Unneeded "Service" class: I saw a few instances where something that should have been simple function calls resulted in a class with Service in the name being added, I'm not sure why, but it did happen adding extra complications.
Those are the ones off the top of my head.
As a senior dev, I think use of these tools can be fine, as long as people are happy to go and fix the issues and learn, anyone can go from vibe coder to coder if you accept the need to learn and improve.
The output of the LLM is a starting point, however much we engineer prompts, we can't know what else we need to say until we see the (somewhat) wrong output and iterate it.
But specialization restricts target market and requires time to develop. Its currently faar more lucrative trying to make a general purpose model and attract VC funding for market capture.
Personally, I can deal with quite a lot of jank and a lack of tests or other quality control tools in the early stages, but LLMs get lost so quickly. It’s like onboarding someone new to the codebase every hour or so.
You want to put them into a feedback loop with something or someone that isn’t you.
I'll try hooking it into my refactor/cleanup workflow with copilot and see how it works as grounding.
Great idea using it as grounding for AI-assisted refactoring! Let us know how that workflow goes.
https://aider.chat/docs/recordings/tree-sitter-language-pack...
I have a MCP server that wraps developer tool CLIs (linting, tests, etc), but this would need a textual report instead of HTML.
If cursor and Claude code can already run an executable why do I need to add an MCP server in front of it?
I feel like a lot of times it’s, “Because AI”
- Security/Speed: I leave "approve CLI commands" on in Cursor. This functions as a whitelist of known safe commands. It only needs to ask if running a non-standard command, 99% of the time it can use tools. It will also verify paths passed by the model are in the project folder (not letting it execute on external files)
- Discoverability: For agents to work well, you need to explain which commands are available, when to use each, parameters, etc. This is a more formal version than a simple AGENTS.md, with typed parameters, tool descriptions, etc.
- Correctness: I find models mess up command strings or run them in the wrong folders. This is more robust than pure strings, with short tool names, type checking, schemas, etc.
- Parallel execution: MCP tools can run in parallel, CLI tools typically can't
- Sharing across team: which dev commands to run can be spread across agents.md, github workflows, etc.
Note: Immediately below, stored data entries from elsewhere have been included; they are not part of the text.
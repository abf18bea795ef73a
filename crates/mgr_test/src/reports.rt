//! What reports say, and what bytes lead to, in words.
use mg_events::{Event, LineFault, REPORT, Reader, Report, read_report};
use std::alloc::{AllocError, Global};

/// A report's line, and what it says.
const LINES: [(&str, &str); 30] = [
    (
        r#"{"char":"a","id":[1,2],"op":"ins","parent":[0,0]}"#,
        "1 by 2",
    ),
    (r#"{"id":[7,2], "op":"del"}"#, "7 by 2"),
    (
        r#"{"id":[1,2],"op":"run","parent":[0,0],"text":"hello"}"#,
        "run of 5",
    ),
    (r#"{"count":9,"id":[1,2],"op":"dels"}"#, "9 deletions"),
    (r#"{"op":"head","version":2}"#, "Kind"),
    (r#"{"count":2,"op":"end"}"#, "Kind"),
    (r#"{"id":[0,0],"op":"del"}"#, "Id"),
    (
        r#"{"op":"paste","text":"h\u00e9\n"}"#,
        "paste of 3, more false",
    ),
    (
        r#"{"more":true,"op":"paste","text":""}"#,
        "paste of 0, more true",
    ),
    (r#"{"more":1,"op":"paste","text":""}"#, "Kind"),
    (r#"{"op":"paste"}"#, "Member"),
    (r#"{"op":"paste","text":"","than":true}"#, "Member"),
    (r#"{"op":"paste","text":7}"#, "Kind"),
    (
        r#"{"base":7,"hi":3,"lo":0,"op":"splice","text":"ab"}"#,
        "splice of 7 at 0 to 3 by 2, more false",
    ),
    (
        r#"{"base":7,"hi":3,"lo":0,"more":true,"op":"splice","text":""}"#,
        "splice of 7 at 0 to 3 by 0, more true",
    ),
    (
        r#"{"base":7,"hi":3,"lo":-1,"op":"splice","text":""}"#,
        "Kind",
    ),
    (r#"{"base":7,"hi":3,"op":"splice","text":""}"#, "Member"),
    (
        r#"{"cols":80,"op":"size","rows":24}"#,
        "24 rows, 80 columns",
    ),
    (r#"{"cols":80.5,"op":"size","rows":24}"#, "Kind"),
    (
        r#"{"op":"places","places":[[7,1],[12,2],[0,0]]}"#,
        "places: 7.1 12.2 0.0",
    ),
    (r#"{"op":"places","places":[]}"#, "places:"),
    (r#"{"op":"places","places":[[7,0]]}"#, "Id"),
    (r#"{"op":"places","places":[[7],8]}"#, "Kind"),
    (r#"{"op":"rest"}"#, "rest"),
    (r#"{"op":"rest","all":true}"#, "Member"),
    (r#"{"op":"other"}"#, "Kind"),
    (r#"{"op":3}"#, "Kind"),
    (r#"{"text":""}"#, "Member"),
    ("[]", "Kind"),
    ("{", "Json"),
];

/// What a report's line says.
fn said(alloc: Global, line: &str) -> Result<String, AllocError> {
    match read_report(alloc, line.as_bytes()) {
        Ok(Report::One(op)) => {
            let id = op.id();
            format!(in alloc; "{} by {}", id.counter(), id.replica())
        }
        Ok(Report::Run(run)) => format!(in alloc; "run of {}", run.chars.len()),
        Ok(Report::Deletions(run)) => format!(in alloc; "{} deletions", run.count),
        Ok(Report::Paste { text, more }) => {
            format!(in alloc; "paste of {}, more {more}", text.as_slice().len())
        }
        Ok(
            Report::Splice {
                base,
                lo,
                hi,
                text,
                more,
            },
        ) => {
            let count = text.as_slice().len();
            format!(in alloc; "splice of {base} at {lo} to {hi} by {count}, more {more}")
        }
        Ok(Report::Size { rows, columns }) => {
            format!(in alloc; "{rows} rows, {columns} columns")
        }
        Ok(Report::Places(places)) => {
            let mut all = format!(in alloc; "places:")?;
            for id in &places.all {
                let place = format!(in alloc; " {}.{}", id.counter(), id.replica())?;
                all.push_str(place.as_str())?;
            }
            Ok(all)
        }
        Ok(Report::Rest) => format!(in alloc; "rest"),
        Err(fault) => format!(in alloc; "{}", fault.name()),
    }
}

#[test]
fn lines_of_reports_are_read(rt: HostRuntime) {
    for (line, wanted) in LINES {
        let Ok(found) = said(rt.alloc(), line) else {
            panic!(rt; "memory");
        };
        assert!(rt; found.as_str() == wanted, "{line}: {found}");
    }
}

/// Bytes, and what they lead to. Two points stand for a report that is cut off.
const STREAMS: [(&[u8], &str); 4] = [
    (b"ab", "a b"),
    (
        b"a\xff{}\nb\xff\n\xff{\"op\":\"rest\"}\nc",
        "a [{}] b [] [{\"op\":\"rest\"}] c",
    ),
    (b"a\xffbc", "a .."),
    (b"\xff\xff\nd", "[?] d"),
];

/// What a byte leads to.
fn told(reader: &Reader, event: Event, all: &mut Vec<u8>) -> Result<(), AllocError> {
    match event {
        Event::Key(key) => all.push(key)?,
        Event::Line => {
            all.push(b'[')?;
            for byte in reader.line() {
                all.push(if *byte == 255 { b'?' } else { *byte })?;
            }
            all.push(b']')?;
        }
        Event::Refused(fault) => all.extend_from_slice(fault.name().as_bytes())?,
        Event::Nothing => return Ok(()),
    }
    all.push(b' ')?;
    Ok(())
}

/// What bytes lead to.
fn events(alloc: Global, bytes: &[u8]) -> Result<Vec<u8>, AllocError> {
    let mut reader = Reader::new(alloc);
    let mut all = Vec::new(alloc);
    for byte in bytes {
        let event = reader.read(*byte);
        told(&reader, event, &mut all)?;
    }
    if reader.is_within() {
        all.extend_from_slice(b".. ")?;
    }
    let _blank = all.pop();
    Ok(all)
}

#[test]
fn keys_and_reports_are_told_apart(rt: HostRuntime) {
    for (bytes, wanted) in STREAMS {
        let Ok(found) = events(rt.alloc(), bytes) else {
            panic!(rt; "memory");
        };
        assert!(rt; found.as_slice() == wanted.as_bytes(), "{wanted}");
    }
}

/// A line of 65,536 bytes is whole, and one byte more is too long.
#[test]
fn the_longest_line(rt: HostRuntime) {
    for (count, wanted) in [
        (65536, Event::Line),
        (65537, Event::Refused(LineFault::Long)),
    ] {
        let mut reader = Reader::new(rt.alloc());
        let _begun = reader.read(REPORT);
        for _ in 0..count {
            let _held = reader.read(b'x');
        }
        assert!(rt; reader.read(b'\n') == wanted, "{count}");
    }
}
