//! Notes that are mended over a disk of which a step fails.
use crate::compactions::has_rewritten;
use mgr_mend::{LeftOut, mend_note};
use mgr_show::ShowFault;
use std::alloc::{AllocError, Global};
use test_ports::MemoryLogs;

/// A line that is no operation, two insertions of one identifier, and a line that was cut off.
const DAMAGED: &str = r#"{"char":"a","id":[1,1],"op":"ins","parent":[0,0]}
nonsense
{"char":"c","id":[2,1],"op":"ins","parent":[1,1]}
{"char":"b","id":[2,1],"op":"ins","parent":[1,1]}
{"id":[1,1],"op":"de"#;

/// What is kept of it.
const MENDED: &str = r#"{"char":"a","id":[1,1],"op":"ins","parent":[0,0]}
{"char":"b","id":[2,1],"op":"ins","parent":[1,1]}
"#;

/// What is refused of it, behind what was before.
const REFUSED: &str = r#"before
nonsense
{"char":"c","id":[2,1],"op":"ins","parent":[1,1]}
{"id":[1,1],"op":"de"#;

const BEFORE: &str = "before\n";

const LEFT_OUT: LeftOut = LeftOut {
    faulty: 1,
    beaten: 1,
    torn: true,
    excess: 0,
};

const NOTHING: LeftOut = LeftOut {
    faulty: 0,
    beaten: 0,
    torn: false,
    excess: 0,
};

/// The name of the note, its log, how many steps are made before one fails, and how many bytes of
/// what is refused there is room for.
type Given = (&'static str, &'static str, usize, usize);

/// What is answered, how many calls failed, the steps, and what stands there then.
type Found = (&'static str, u64, &'static str, &'static str, &'static str);

/// Logs of which something was refused before.
fn logs_of(alloc: Global, given: &Given) -> Result<MemoryLogs, AllocError> {
    let log = Vec::from_slice(alloc, given.1.as_bytes())?;
    let mut logs = MemoryLogs::new(alloc, log, given.2);
    logs.refused.extend_from_slice(BEFORE.as_bytes())?;
    logs.room = given.3;
    Ok(logs)
}

fn word_of(answer: Result<LeftOut, ShowFault>) -> &'static str {
    match answer {
        Ok(left_out) if left_out == LEFT_OUT => "left out",
        Ok(left_out) if left_out == NOTHING => "nothing",
        Err(ShowFault::Read) => "read",
        Err(ShowFault::Write) => "write",
        _ => "another answer",
    }
}

/// Whether a note is mended so.
fn mends(alloc: Global, given: &Given, found: &Found) -> bool {
    match logs_of(alloc, given) {
        Ok(mut logs) => {
            word_of(mend_note(alloc, &mut logs, given.0)) == found.0
                && logs.failures == found.1
                && has_rewritten(alloc, &logs, found.2)
                && logs.log.as_slice() == found.3.as_bytes()
                && logs.refused.as_slice() == found.4.as_bytes()
        }
        Err(_) => false,
    }
}

/// As much room as is needed.
const ROOM: usize = 1000;

const ROWS: &[(Given, Found)] = &[
    (("", MENDED, 6, ROOM), ("nothing", 0, "", MENDED, BEFORE)),
    (("x", DAMAGED, 6, ROOM), ("read", 1, "", DAMAGED, BEFORE)),
    (
        ("", DAMAGED, 6, 3),
        ("write", 1, "", DAMAGED, "before\nnon"),
    ),
    (
        ("", DAMAGED, 0, ROOM),
        ("write", 1, " leave", DAMAGED, REFUSED),
    ),
    (
        ("", DAMAGED, 4, ROOM),
        ("write", 1, " empty write sync keep leave", DAMAGED, REFUSED),
    ),
    (
        ("", DAMAGED, 5, ROOM),
        ("write", 1, " empty write sync keep name", MENDED, REFUSED),
    ),
    (
        ("", DAMAGED, 6, ROOM),
        (
            "left out",
            0,
            " empty write sync keep name folder",
            MENDED,
            REFUSED,
        ),
    ),
];

#[test]
fn a_note_that_is_mended_has_the_old_log_or_the_mended_one(rt: HostRuntime) {
    for (index, (given, found)) in ROWS.iter().enumerate() {
        assert!(rt; mends(rt.alloc(), given, found), "{index}");
    }
}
This is one central place for the agents use case.
- Prompts: MCP also supports prompts (less known MCP feature). Not really relevant to the "why not CLI" question, but it's a benefit of the tool. It provides a short description of the available prompts, then lets the model load any by name. It's requires much less room in context than loading an entire /agents folder.
pyscn analyze --json . # Generate JSON report
But when i try to run analyze or check.
Running quality check...
Complexity analysis failed: [INVALID_INPUT] no Python files found in the specified paths
Dead code analysis failed: [INVALID_INPUT] no Python files found in the specified paths
Clone detection failed: no Python files found in the specified paths
Error: analysis failed with errorsI'm certainly in a folder with python files.